| Work to be completed |
Take from the records below each line that holds "OutOfTurn".

| Record excerpts |

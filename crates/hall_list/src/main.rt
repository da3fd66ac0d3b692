// The list program: a command stream on standard input, its release list on standard output.
#![tactic(auto)]

use listing::list_from;
use std::io::Write;

// Nothing is printed until the whole list is there.
fn list(rt: &HostRuntime) -> anyhow::Result<()> {
    let text = list_from(rt.alloc(), rt.stdin())?;
    rt.stdout().write_all(&text)?;
    Ok(())
}

fn main(rt: HostRuntime) -> anyhow::Result<()> {
    list(&rt)
}
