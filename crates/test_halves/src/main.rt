// Answers a script of halves, a line for each line: what is dealt and sealed, and why a half is
// turned down that is handed to a box whole, changed or mixed. A second implementation made the
// script, and the output is compared with that implementation's.
#![tactic(auto)]

mod changed;
mod dealt;
mod fields;

use dealt::HALF;
use fields::Command;
use measure_table::MOST_ELEMENTS;
use test_script::{Line, Output};

// Poly1305's key for a tag that stands for a half: the bytes 0 to 31.
const KEY: [u8; 32] = [
    0, 1, 2, 3, 4, 5, 6, 7, 8, 9, 10, 11, 12, 13, 14, 15, 16, 17, 18, 19, 20, 21, 22, 23, 24, 25,
    26, 27, 28, 29, 30, 31,
];

// kept: (d) printed field by field, as `put_each` and `put_answer`: a Display would be one more type for each answer.
fn put_tag(half: &[u8], out: &mut Output) {
    out.put_hex(&poly1305_mac::mac(&KEY, half));
}

// kept: (d) as `put_tag`.
// A refusal for each place, or for each length, with a space between two.
fn put_each<F: Fn(usize) -> u32>(from: usize, to: usize, refusal: F, out: &mut Output)
    requires { F.IsAlwaysCallable refusal }
{
    for i in from..to {
        if from < i {
            out.put_byte(b' ');
        }
        out.put_numbers(&[refusal(i)]);
    }
}

// kept: (d) as `put_tag`; and a match on an enum, which is the plain form.
fn put_answer(line: Line<'_>, out: &mut Output) {
    let d = dealt::made(line, 1);
    let from = fields::number(line, 10);
    let to = fields::number(line, 11);
    let command = Command::of(line);
    match command {
        Some(Command::Half) => out.put_hex(d.as_slice()),
        Some(Command::Tag) => put_tag(d.as_slice(), out),
        Some(Command::Again) => match d.resealed() {
            Ok(again) => put_tag(again.as_slice(), out),
            Err(refusal) => out.put_numbers(&[refusal.number()]),
        },
        Some(Command::Flip) => put_each(from, to.min(HALF), |i| changed::flip(&d, i), out),
        Some(Command::Content) => {
            let byte = fields::byte(line, 12);
            put_each(from, to.min(HALF), |i| changed::set(&d, i, byte), out)
        }
        Some(Command::Before) => {
            let h = fields::read_half(line, 1);
            put_each(
                from,
                to.min(MOST_ELEMENTS + 1),
                |n| changed::before(h, n),
                out,
            )
        }
        _ => out.put_numbers(&[changed::refusal(d, command, line)]),
    }
}

fn main() {
    test_script::answer_lines(|line, out| {
        put_answer(line, out);
        Some(())
    });
}
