impl Party {
    // A box's start. A refused one has an all-zero state beside the number.
    pub fn start(name: &[u8], party: u32, key: &[u8], floor: u64) -> PartyAnswer
        ensures { result ≡ start_party name.now party key.now floor }
    {
        if let Err(refusal) = why_not_start(name, party, key) {
            let nobody = Identity {
                name: [0; NAME],
                party: 0,
                key: [0; KEY],
            };
            return refused(refusal, idle(nobody, 0));
        }
        let who = Identity {
            name: base_messages::padded(name),
            party,
            key: base_slices::bytes_32(key),
        };
        PartyAnswer {
            why: 0,
            party: idle(who, floor),
            word: 0,
        }
    }

    // Call 1. Refused or not, the answer is made at one place: LLVM then copies the state twice, and with
    // an answer for each case three times.
    pub fn load(self, h: &[u8]) -> PartyAnswer
        ensures { result ≡ load_of self h.now }
    {
        let phase = self.check.phase;
        let turn = load_turn(self);
        let mut next = self;
        let out_of_turn = Refusal::OutOfTurn.number();
        let mut why = out_of_turn;
        if turn {
            let who = self.who;
            let name = who.name;
            let above = high_water(phase, self.check.set.number, self.last);
            match half_open::examine(&who.key, name, who.party, above, h) {
                Ok(set) => {
                    why = 0;
                    next.last = set.number;
                    if phase == IDLE {
                        next.check = opened(set);
                        next.waiting = half_content::no_set();
                    } else {
                        next.waiting = set;
                    }
                }
                Err(refusal) => why = refusal.number(),
            }
        }
        PartyAnswer {
            why,
            party: next,
            word: 0,
        }
    }

    // What a load of this half would say. No state comes back: nothing is committed, and no number spent.
    pub fn trial(self, h: &[u8]) -> TrialAnswer
        ensures { result ≡ trial_of self h.now }
    {
        if !load_turn(self) {
            return not_taken(Refusal::OutOfTurn);
        }
        let who = self.who;
        let name = who.name;
        let above = high_water(self.check.phase, self.check.set.number, self.last);
        match half_open::tell(&who.key, name, who.party, above, h) {
            Ok(told) => TrialAnswer {
                why: 0,
                name,
                terms: told,
            },
            Err(refusal) => not_taken(refusal),
        }
    }

    // Call 2. The masked vector goes to the start of out. The answer is made at one place, as in `load`.
    pub fn mask(self, v: &[u32], out: &mut [u32]) -> PartyAnswer
        ensures value { result ≡ mask_of self v.now (length out.old) }
        ensures out_after { out.new ≡ mask_out self v.now out.old }
    {
        let terms = self.check.set.terms;
        let turn = in_turn(LOADED, self);
        let refusal = base_messages::why(why_not_mask(turn, terms, v, out.len()));
        let who = self.who;
        let waiting = self.waiting;
        let mut check = self.check;
        if refusal == 0 {
            let mask = self.check.set.mask;
            write_masked(terms.n, v, &mask, out);
            let kept = masked_array(terms.n, v, &mask);
            check.phase = MASKED;
            check.masked = kept;
            check.own = share_vectors::own(terms, v);
            check.word = 0;
        }
        PartyAnswer {
            why: refusal,
            party: Party {
                who,
                last: self.last,
                check,
                waiting,
            },
            word: 0,
        }
    }

    // Call 3: takes the other box's masked vector, and answers this box's word.
    // kept: (d) label and name apart: a call of a box has one of each, and `base_messages::expected` takes both.
    pub fn take(self, label: Label, name: &[u8], v: &[u32]) -> PartyAnswer
        ensures { result ≡ take_of self label name.now v.now }
    {
        let terms = self.check.set.terms;
        let number = self.check.set.number;
        let turn = in_turn(MASKED, self);
        let lengths = (name.len() == NAME) & (v.len() == terms.n);
        let kind = base_messages::VECTOR;
        if let Err(refusal) = why_not_message(turn, lengths, kind, self.who, number, label, name) {
            return refused(refusal, self);
        }
        let share = box_share(self.who.party, &self.check, v);
        let mark = self.check.set.mark;
        let word = share_answers::word(terms, mark, share, self.check.own, self.check.set.r);
        let mut next = self;
        next.check.phase = TAKEN;
        next.check.word = word;
        PartyAnswer {
            why: 0,
            party: next,
            word,
        }
    }

    // Call 4: takes the other box's word, and answers this box's share of the yes or no.
    // kept: (d) label and name apart: a call of a box has one of each, and `base_messages::expected` takes both.
    pub fn finish(self, label: Label, name: &[u8], word: u32) -> PartyAnswer
        ensures { result ≡ finish_of self label name.now word }
    {
        let number = self.check.set.number;
        let turn = in_turn(TAKEN, self);
        let lengths = name.len() == NAME;
        let kind = base_messages::WORD;
        if let Err(refusal) = why_not_message(turn, lengths, kind, self.who, number, label, name) {
            return refused(refusal, self);
        }
        let party = self.who.party;
        let key = self.check.set.key;
        let seed = self.check.set.seed;
        let z = base_words::add(self.check.word, word);
        let answer = share_answers::answer(self.check.set.width, party, key, seed, z);
        let next = closed(self.who, self.last, self.waiting);
        PartyAnswer {
            why: 0,
            party: next,
            word: answer,
        }
    }

    // Ends the open set.
    pub fn drop(self) -> PartyAnswer
        ensures { result ≡ drop_of self }
    {
        let phase = self.check.phase;
        let sound = sound(self);
        if !((phase != IDLE) & sound) {
            return refused(Refusal::OutOfTurn, self);
        }
        PartyAnswer {
            why: 0,
            party: closed(self.who, self.last, self.waiting),
            word: 0,
        }
    }
}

| Completed exercise |
        let out_of_turn = Refusal::OutOfTurn.number();
            return not_taken(Refusal::OutOfTurn);
            return refused(Refusal::OutOfTurn, self);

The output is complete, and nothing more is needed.